Exercise materials:

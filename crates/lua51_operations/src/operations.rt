// The statements of the opcodes from ADD to CONCAT: R(A) gets an operation. Opcodes are numbers, for the reason that stands at `op`.
ghost use Rattle.std.specs.Prelude.{ℕ, ◌+◌, ◌-◌, ◌≤◌, ◌≡◌};
ghost use Rattle.lua51_instruction.specs.Word.{op_of, number_of, ADD, POW, CONCAT};
ghost use Rattle.lua51_instruction.specs.Proto.{Proto, word};
ghost use Rattle.lua51_instruction.specs.Instruction.{FieldsOf};
ghost use Rattle.ast.specs.Statement.{op_add};
ghost use Rattle.ast.specs.Written.{Adds, Wrote};
ghost use Rattle.lua51_lifter.specs.Lift.{statements_by};
ghost use Rattle.lua51_runs.specs.Runs.{run_at};

use ast::{LENGTH, MINUS, NOT, REGISTER, Run, UNARY};
use lua51_instruction::instruction::Fields;
use lua51_instruction::op;
use lua51_runs::operands::push_binary;
use lua51_runs::registers::{push_concatenated, set_register};

// Writes the statement of CONCAT.
fn concat(run: &mut Run, w: Fields)
    ensures result_after { (p : Proto) (i : ℕ) → FieldsOf (word p i) w
        → Adds run.old run.new (run_at (statements_by p i CONCAT) 0) }
    ensures anyway { Wrote run.old run.new }
{
    set_register(run, u32::from(w.a), &[]);
    push_concatenated(run, w.b, w.c.saturating_sub(w.b));
}

// The operator of an opcode from ADD to POW: a number, since it is written at once, and the operators stand in the order of the opcodes.
fn operator_of(opcode: u8) -> u32
    ensures { result ≡ opcode - number_of ADD + op_add }
{
    u32::from(opcode.saturating_sub(op::ADD)) + ast::ADD
}

// Writes the statement of an opcode from ADD to POW.
fn arithmetic(run: &mut Run, w: Fields)
    ensures result_after { (p : Proto) (i : ℕ) → FieldsOf (word p i) w → number_of ADD ≤ w.opcode → w.opcode ≤ number_of POW
        → Adds run.old run.new (run_at (statements_by p i (op_of w.opcode)) 0) }
    ensures anyway { Wrote run.old run.new }
{
    set_register(run, u32::from(w.a), &[]);
    push_binary(run, w, operator_of(w.opcode));
}

// Writes the statement of an opcode from ADD to CONCAT. For any other word it writes some numbers.
pub fn operation(run: &mut Run, w: Fields)
    ensures result_after { (p : Proto) (i : ℕ) → FieldsOf (word p i) w → number_of ADD ≤ w.opcode → w.opcode ≤ number_of CONCAT
        → Adds run.old run.new (run_at (statements_by p i (op_of w.opcode)) 0) }
    ensures anyway { Wrote run.old run.new }
{
    let a = u32::from(w.a);
    let b = u32::from(w.b);
    let opcode = w.opcode;
    if opcode <= op::POW {
        return arithmetic(run, w);
    }
    match opcode {
        op::UNM => set_register(run, a, &[UNARY, MINUS, REGISTER, b]),
        op::NOT => set_register(run, a, &[UNARY, NOT, REGISTER, b]),
        op::LEN => set_register(run, a, &[UNARY, LENGTH, REGISTER, b]),
        _ => concat(run, w),
    }
}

Problem details: What you return must match the listing exactly, line for line.

Answer space:
filename crates/lua51_operations/src/operations.rt
// The statements of the opcodes from ADD to CONCAT: R(A) gets an operation. Opcodes are numbers, for the reason that stands at `op`.
ghost use Rattle.std.specs.Prelude.{ℕ, ◌+◌, ◌-◌, ◌≤◌, ◌≡◌};
ghost use Rattle.lua51_instruction.specs.Word.{op_of, number_of, ADD, POW, CONCAT};
ghost use Rattle.lua51_instruction.specs.Proto.{Proto, word};
ghost use Rattle.lua51_instruction.specs.Instruction.{FieldsOf};
ghost use Rattle.ast.specs.Statement.{op_add};
ghost use Rattle.ast.specs.Written.{Adds, Wrote};
ghost use Rattle.lua51_lifter.specs.Lift.{statements_by};
ghost use Rattle.lua51_runs.specs.Runs.{run_at};

use ast::{LENGTH, MINUS, NOT, REGISTER, Run, UNARY};
use lua51_instruction::instruction::Fields;
use lua51_instruction::op;
use lua51_runs::operands::push_binary;
use lua51_runs::registers::{push_concatenated, set_register};

// Writes the statement of CONCAT.
fn concat(run: &mut Run, w: Fields)
    ensures result_after { (p : Proto) (i : ℕ) → FieldsOf (word p i) w
        → Adds run.old run.new (run_at (statements_by p i CONCAT) 0) }
    ensures anyway { Wrote run.old run.new }
{
    set_register(run, u32::from(w.a), &[]);
    push_concatenated(run, w.b, w.c.saturating_sub(w.b));
}

// The operator of an opcode from ADD to POW: a number, since it is written at once, and the operators stand in the order of the opcodes.
fn operator_of(opcode: u8) -> u32
    ensures { result ≡ opcode - number_of ADD + op_add }
{
    u32::from(opcode.saturating_sub(op::ADD)) + ast::ADD
}

// Writes the statement of an opcode from ADD to POW.
fn arithmetic(run: &mut Run, w: Fields)
    ensures result_after { (p : Proto) (i : ℕ) → FieldsOf (word p i) w → number_of ADD ≤ w.opcode → w.opcode ≤ number_of POW
        → Adds run.old run.new (run_at (statements_by p i (op_of w.opcode)) 0) }
    ensures anyway { Wrote run.old run.new }
{
    set_register(run, u32::from(w.a), &[]);
    push_binary(run, w, operator_of(w.opcode));
}

// Writes the statement of an opcode from ADD to CONCAT. For any other word it writes some numbers.
pub fn operation(run: &mut Run, w: Fields)
    ensures result_after { (p : Proto) (i : ℕ) → FieldsOf (word p i) w → number_of ADD ≤ w.opcode → w.opcode ≤ number_of CONCAT
        → Adds run.old run.new (run_at (statements_by p i (op_of w.opcode)) 0) }
    ensures anyway { Wrote run.old run.new }
{
    let a = u32::from(w.a);
    let b = u32::from(w.b);
    let opcode = w.opcode;
    if opcode <= op::POW {
        return arithmetic(run, w);
    }
    match opcode {
        op::UNM => set_register(run, a, &[UNARY, MINUS, REGISTER, b]),
        op::NOT => set_register(run, a, &[UNARY, NOT, REGISTER, b]),
        op::LEN => set_register(run, a, &[UNARY, LENGTH, REGISTER, b]),
        _ => concat(run, w),
    }
}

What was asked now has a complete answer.